▸ **Activity**
Show every line from the data below that includes "least".
★ ★ ★
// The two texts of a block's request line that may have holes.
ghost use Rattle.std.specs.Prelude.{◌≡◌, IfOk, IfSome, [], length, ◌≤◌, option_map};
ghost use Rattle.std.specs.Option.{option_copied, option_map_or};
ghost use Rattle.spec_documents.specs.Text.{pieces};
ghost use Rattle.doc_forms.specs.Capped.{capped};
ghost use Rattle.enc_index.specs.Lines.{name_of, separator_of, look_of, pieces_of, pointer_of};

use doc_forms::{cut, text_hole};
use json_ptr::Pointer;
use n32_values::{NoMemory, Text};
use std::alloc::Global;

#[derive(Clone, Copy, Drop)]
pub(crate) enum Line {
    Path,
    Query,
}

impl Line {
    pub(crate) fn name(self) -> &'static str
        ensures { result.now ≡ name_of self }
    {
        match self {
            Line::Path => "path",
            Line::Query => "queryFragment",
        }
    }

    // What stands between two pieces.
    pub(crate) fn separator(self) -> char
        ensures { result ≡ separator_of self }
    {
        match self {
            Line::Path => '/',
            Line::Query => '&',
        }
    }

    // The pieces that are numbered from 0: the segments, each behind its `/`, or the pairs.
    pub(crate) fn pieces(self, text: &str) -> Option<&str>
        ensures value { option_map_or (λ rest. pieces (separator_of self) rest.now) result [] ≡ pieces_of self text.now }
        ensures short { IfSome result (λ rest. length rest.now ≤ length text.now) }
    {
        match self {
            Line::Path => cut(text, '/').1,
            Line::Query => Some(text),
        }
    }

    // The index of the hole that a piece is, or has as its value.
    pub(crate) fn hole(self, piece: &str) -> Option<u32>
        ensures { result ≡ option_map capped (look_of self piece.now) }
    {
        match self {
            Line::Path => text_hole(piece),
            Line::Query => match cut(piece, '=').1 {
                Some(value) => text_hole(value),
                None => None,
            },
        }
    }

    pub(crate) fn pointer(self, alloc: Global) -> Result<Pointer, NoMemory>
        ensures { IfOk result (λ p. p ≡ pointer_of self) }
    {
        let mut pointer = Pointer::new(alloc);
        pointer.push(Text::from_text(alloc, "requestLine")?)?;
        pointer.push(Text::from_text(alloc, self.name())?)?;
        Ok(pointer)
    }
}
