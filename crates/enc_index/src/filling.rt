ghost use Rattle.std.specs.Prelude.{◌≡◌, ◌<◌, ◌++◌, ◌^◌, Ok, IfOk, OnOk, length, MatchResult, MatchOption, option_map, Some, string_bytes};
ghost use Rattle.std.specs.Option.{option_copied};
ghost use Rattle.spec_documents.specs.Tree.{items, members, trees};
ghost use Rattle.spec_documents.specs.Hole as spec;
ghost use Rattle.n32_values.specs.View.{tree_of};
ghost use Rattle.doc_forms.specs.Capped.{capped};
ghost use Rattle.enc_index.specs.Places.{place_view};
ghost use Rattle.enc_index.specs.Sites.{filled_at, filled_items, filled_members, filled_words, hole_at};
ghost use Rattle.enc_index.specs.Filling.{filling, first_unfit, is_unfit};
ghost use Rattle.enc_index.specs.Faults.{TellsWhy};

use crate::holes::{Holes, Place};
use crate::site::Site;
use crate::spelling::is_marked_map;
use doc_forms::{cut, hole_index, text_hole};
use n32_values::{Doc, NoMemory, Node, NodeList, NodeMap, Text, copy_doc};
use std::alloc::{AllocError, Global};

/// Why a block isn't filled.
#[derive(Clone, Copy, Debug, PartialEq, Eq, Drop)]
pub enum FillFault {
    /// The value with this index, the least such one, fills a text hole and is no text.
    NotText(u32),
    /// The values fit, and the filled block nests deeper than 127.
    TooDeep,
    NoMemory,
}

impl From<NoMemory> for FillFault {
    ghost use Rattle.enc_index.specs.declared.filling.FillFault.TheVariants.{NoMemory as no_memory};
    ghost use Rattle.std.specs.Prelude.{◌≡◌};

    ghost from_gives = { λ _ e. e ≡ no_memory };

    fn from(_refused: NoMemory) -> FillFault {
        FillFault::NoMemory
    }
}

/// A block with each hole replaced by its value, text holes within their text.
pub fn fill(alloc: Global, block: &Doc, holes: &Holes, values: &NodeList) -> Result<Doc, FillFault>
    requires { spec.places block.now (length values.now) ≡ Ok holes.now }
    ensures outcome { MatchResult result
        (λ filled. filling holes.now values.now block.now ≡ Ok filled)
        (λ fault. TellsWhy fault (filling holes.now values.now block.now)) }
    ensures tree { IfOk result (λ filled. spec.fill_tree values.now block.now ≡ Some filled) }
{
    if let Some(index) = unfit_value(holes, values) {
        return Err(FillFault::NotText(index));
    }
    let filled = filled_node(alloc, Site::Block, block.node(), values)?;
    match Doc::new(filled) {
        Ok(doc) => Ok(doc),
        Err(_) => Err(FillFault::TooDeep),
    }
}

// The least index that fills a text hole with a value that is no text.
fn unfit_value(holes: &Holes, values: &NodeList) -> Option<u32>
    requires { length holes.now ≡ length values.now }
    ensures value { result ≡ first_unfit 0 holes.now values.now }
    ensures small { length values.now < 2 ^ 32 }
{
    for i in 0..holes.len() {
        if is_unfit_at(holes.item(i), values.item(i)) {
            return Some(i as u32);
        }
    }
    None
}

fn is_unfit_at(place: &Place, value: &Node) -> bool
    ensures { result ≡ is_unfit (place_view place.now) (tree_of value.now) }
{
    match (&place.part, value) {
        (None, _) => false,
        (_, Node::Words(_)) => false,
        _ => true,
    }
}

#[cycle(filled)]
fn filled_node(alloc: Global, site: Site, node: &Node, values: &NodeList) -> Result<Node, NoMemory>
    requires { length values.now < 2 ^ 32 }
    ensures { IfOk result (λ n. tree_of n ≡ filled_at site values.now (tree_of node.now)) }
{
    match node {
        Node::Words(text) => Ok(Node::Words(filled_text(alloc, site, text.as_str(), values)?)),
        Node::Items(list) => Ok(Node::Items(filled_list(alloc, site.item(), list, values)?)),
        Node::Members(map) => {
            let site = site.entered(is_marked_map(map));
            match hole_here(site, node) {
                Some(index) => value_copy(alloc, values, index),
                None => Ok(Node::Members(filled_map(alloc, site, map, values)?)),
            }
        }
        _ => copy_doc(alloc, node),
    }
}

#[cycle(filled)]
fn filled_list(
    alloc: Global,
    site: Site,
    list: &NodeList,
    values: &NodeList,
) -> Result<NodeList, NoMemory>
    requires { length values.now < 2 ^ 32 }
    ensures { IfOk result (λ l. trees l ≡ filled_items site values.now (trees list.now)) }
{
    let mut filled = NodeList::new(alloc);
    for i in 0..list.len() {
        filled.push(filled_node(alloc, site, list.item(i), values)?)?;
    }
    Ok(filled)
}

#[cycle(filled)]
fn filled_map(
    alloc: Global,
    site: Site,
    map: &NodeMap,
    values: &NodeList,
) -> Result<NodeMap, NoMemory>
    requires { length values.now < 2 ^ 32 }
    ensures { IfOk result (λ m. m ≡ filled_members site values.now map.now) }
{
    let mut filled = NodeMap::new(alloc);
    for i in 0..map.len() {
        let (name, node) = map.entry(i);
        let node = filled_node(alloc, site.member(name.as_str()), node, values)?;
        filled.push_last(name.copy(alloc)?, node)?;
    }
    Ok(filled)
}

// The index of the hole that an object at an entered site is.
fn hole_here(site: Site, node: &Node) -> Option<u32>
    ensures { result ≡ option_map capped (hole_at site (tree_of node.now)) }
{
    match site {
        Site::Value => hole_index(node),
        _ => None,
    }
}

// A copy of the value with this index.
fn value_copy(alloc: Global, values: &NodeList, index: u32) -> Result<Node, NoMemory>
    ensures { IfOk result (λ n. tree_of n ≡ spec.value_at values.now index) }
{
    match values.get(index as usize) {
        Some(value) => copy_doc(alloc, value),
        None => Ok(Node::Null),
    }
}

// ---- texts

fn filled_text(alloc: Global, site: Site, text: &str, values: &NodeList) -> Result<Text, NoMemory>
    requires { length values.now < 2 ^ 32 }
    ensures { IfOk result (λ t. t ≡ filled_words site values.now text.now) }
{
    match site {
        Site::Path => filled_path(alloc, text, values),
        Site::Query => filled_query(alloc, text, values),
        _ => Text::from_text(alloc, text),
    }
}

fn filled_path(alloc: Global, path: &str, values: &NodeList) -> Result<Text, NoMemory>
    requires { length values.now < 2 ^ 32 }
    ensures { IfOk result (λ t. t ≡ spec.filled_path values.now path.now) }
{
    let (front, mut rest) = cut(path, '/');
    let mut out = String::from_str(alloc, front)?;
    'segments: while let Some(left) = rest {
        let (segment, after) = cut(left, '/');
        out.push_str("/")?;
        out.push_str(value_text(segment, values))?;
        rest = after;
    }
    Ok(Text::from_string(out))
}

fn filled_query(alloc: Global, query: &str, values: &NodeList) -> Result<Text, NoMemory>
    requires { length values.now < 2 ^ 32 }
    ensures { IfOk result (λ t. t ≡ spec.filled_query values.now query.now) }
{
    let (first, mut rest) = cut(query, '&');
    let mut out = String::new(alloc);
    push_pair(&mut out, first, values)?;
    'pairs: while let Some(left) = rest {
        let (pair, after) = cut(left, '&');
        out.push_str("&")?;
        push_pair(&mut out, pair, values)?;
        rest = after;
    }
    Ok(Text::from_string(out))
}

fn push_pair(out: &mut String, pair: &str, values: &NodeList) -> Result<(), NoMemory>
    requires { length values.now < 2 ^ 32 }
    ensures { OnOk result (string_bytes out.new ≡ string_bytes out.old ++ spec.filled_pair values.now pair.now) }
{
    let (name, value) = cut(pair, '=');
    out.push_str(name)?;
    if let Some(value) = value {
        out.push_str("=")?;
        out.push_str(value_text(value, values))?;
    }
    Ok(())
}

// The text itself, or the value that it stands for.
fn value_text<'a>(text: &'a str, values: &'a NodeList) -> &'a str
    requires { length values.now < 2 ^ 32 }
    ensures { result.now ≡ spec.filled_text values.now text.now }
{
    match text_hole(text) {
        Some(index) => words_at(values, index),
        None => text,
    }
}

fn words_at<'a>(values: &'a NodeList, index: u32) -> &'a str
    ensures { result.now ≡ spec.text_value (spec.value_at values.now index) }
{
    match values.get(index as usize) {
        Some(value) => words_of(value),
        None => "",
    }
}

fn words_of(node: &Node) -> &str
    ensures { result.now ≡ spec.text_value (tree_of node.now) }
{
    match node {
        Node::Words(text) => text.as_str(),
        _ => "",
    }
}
★ ★ ★
▸ **Expected answer**
    /// The value with this index, the least such one, fills a text hole and is no text.
// The least index that fills a text hole with a value that is no text.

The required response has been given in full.